0

Chinese checkers rules

Chinese checkers (alternate spelling Chinese chequers) is a strategy board game which can be played by two, three, four, or six people, playing individually or with partners. The game is a modern and simplified variation of the game Halma.
The objective is to be first to race one's pieces across the hexagram-shaped gameboard into "home"—the corner of the star opposite one's starting corner—using single-step moves or moves which jump over other pieces. The others continue playing to establish 2nd, 3rd, 4th, 5th, and last place finishers. Like other skill-based games, Chinese checkers involves strategy. The rules are simple, so even young children can play.

Gameplay

The aim is to race all one's pieces into the star corner on the opposite side of the board before opponents do the same. The destination corner is called home. Each player has 10 pieces, except in games between two players when 15 are sometimes used. (On bigger star boards, 15 or 21 pieces are used.)
In "hop across", the most popular variation, each player starts with their colored pieces on one of the six points or corners of the star and attempts to race them all home into the opposite corner. Players take turns moving a single piece, either by moving one step in any direction to an adjacent empty space, or by jumping in one or any number of available consecutive hops over other single pieces. A player may not combine hopping with a single-step move – a move consists of one or the other. There is no capturing in Chinese checkers, so hopped pieces remain active and in play. Turns proceed clockwise around the board.
In the diagram, Green might move the topmost piece one space diagonally forward as shown. A hop consists of jumping over a single adjacent piece, either one's own or an opponent's, to the empty space directly beyond it in the same line of direction. Red might advance the indicated piece by a chain of three hops in a single move. It is not mandatory to make the most number of hops possible. (In some instances a player may choose to stop the jumping sequence part way in order to impede the opponent's progress, or to align pieces for planned future moves.)

Strategy

A basic strategy is to create or find the longest hopping path that leads closest to home, or immediately into it. (Multiple-jump moves are obviously faster to advance pieces than step-by-step moves.) Since either player can make use of any hopping 'ladder' or 'chain' created, a more advanced strategy involves hindering an opposing player in addition to helping oneself make jumps across the board.
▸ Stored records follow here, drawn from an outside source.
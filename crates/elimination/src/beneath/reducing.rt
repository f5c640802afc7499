// As many held rows as there are columns, made unit rows in place: from the last one back, each goes off the rows before it. An equation that comes
// later meets unit rows, and costs the sums of its walk.
ghost use Rattle.std.specs.Prelude.{◌+◌, ◌*◌, ◌<◌};
ghost use Rattle.field.specs.Runs.{Written};
ghost use Rattle.linear.specs.Bytes.{cell};
ghost use Rattle.linear.specs.Rows.{RowAdded};
ghost use Rattle.elimination.specs.Reducing.{ColumnCleared, Reduces};
ghost use Rattle.elimination.specs.Steps.{StoresRoom};
ghost use Rattle.elimination.specs.Taking.{Lent};

use crate::beneath::within;

// Row q, a unit row by now, goes off row j: of its row the one octet in column c.
fn clear_entry(rows: &mut [u8], values: &mut [u8], l: usize, t: usize, q: usize, c: usize, j: usize)
    requires { StoresRoom (q + 1) l t rows.old values.old × (c < l) × (j < q) }
    ensures written { Written (λ _. 0) rows.old rows.new (j * l + c) 1 }
    ensures row_added { RowAdded t j q (cell l rows.old j c) values.old values.new }
{
    let x = j * l + c;
    let f = rows[x];
    if f == 0 {
        return;
    }
    within::add(values, t, j, q, f);
    rows[x] = 0;
}

// And off all rows before it.
fn clear_column(rows: &mut [u8], values: &mut [u8], l: usize, t: usize, q: usize, c: usize)
    requires { StoresRoom (q + 1) l t rows.old values.old × (c < l) }
    ensures { ColumnCleared l t q q c rows.old values.old rows.new values.new }
{
    for j in 0..q {
        clear_entry(rows, values, l, t, q, c, j);
    }
}

// Once l rows are held. When its turn comes a row is a unit row: it is 0 at the pivots before its own, the later ones are off it, and the l pivots
// are all columns.
pub fn reduce(rows: &mut [u8], values: &mut [u8], pivots: &[u16], l: usize, t: usize)
    requires { Lent l t l pivots.now rows.old values.old }
    ensures { Reduces l t pivots.now rows.old values.old rows.new values.new }
{
    for q in (0..l).rev() {
        clear_column(rows, values, l, t, q, usize::from(pivots[q]));
    }
}
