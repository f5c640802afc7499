// The symbols from as many held rows as there are columns: from the last held row back, over the symbols alone. The stores stay as they are.
ghost use Rattle.std.specs.Prelude.{◌+◌, ◌*◌, ◌≤◌, ◌<◌, length};
ghost use Rattle.linear.specs.Back.{Brought};
ghost use Rattle.linear.specs.Rows.{OnlyBelow};
ghost use Rattle.elimination.specs.Settling.{Settles};
ghost use Rattle.elimination.specs.Taking.{Lent};

use crate::beneath::{rows, within};
use field::beneath::runs;

// Symbol q goes to symbol p of the out store, and what row q has past column p goes onto it, times the symbols there. A held row is 0 before its
// pivot, p, and what it has past it stands at pivots of later rows, so that these symbols are settled already.
fn bring(rows: &[u8], values: &[u8], l: usize, t: usize, q: usize, p: usize, out: &mut [u8])
    requires { (q * l + l ≤ length rows.now) × (q * t + t ≤ length values.now) × (p < l) × (l * t ≤ length out.old) }
    ensures only_below { OnlyBelow (l * t) out.old out.new }
    ensures brought { Brought l t l q p rows.now values.now out.old out.new }
{
    let start = q * l;
    let end = start + l;
    rows::copy_row(values, out, t, p, q);
    let mut x = runs::first_other(rows, start + (p + 1), end);
    while x < end {
        within::add(out, t, p, x - start, rows[x]);
        x = runs::first_other(rows, x + 1, end);
    }
}

// The l symbols of t octets that r held equations settle, if they are as many.
pub fn settle(
    rows: &[u8],
    values: &[u8],
    pivots: &[u16],
    l: usize,
    t: usize,
    r: usize,
    out: &mut [u8],
)
    requires { Lent l t r pivots.now rows.now values.now × (l * t ≤ length out.old) }
    ensures { Settles l t r pivots.now rows.now values.now out.old out.new }
{
    if r < l {
        return;
    }
    for q in (0..r).rev() {
        bring(rows, values, l, t, q, usize::from(pivots[q]), out);
    }
}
Of equal importance are the players' strategies for emptying and filling their starting and home corners. Games between top players are rarely decided by more than a couple of moves.
Differing numbers of players result in different starting layouts, in turn imposing different best-game strategies. For example, if a player's home destination corner starts empty (i.e. is not an opponent's starting corner), the player can freely build a 'ladder' or 'bridge' with their pieces between the two opposite ends. But if a player's opponent occupies the home corner, the player may need to wait for opponent pieces to clear before filling the home vacancies.

Starting layouts

Six players
Can be played "all versus all", or three teams of two. When playing teams, teammates usually sit at opposite corners of the star, with each team member controlling their own colored set of pieces. The first team to advance both sets to their home destination corners is the winner. The remaining players usually continue play to determine second and third place finishers, etc.
Four players
The four-player game is the same as the game for six players, except that two opposite corners will be unused.
Three players
In a three-player game, all players control either one or two sets of pieces each. If one set is used, pieces race across the board into empty, opposite corners. If two sets are used, each player controls two differently colored sets of pieces at opposite corners of the star.
Two players
In a two-player game, each player plays one, two, or three sets of pieces. If one set is played, the pieces usually go into the opponent's starting corner, and the number of pieces per side is often increased to 15 (instead of the usual 10). If two sets are played, the pieces can either go into the opponent's starting corners, or one of the players' two sets can go into an opposite empty corner. If three sets are played, the pieces usually go into the opponent's starting corners.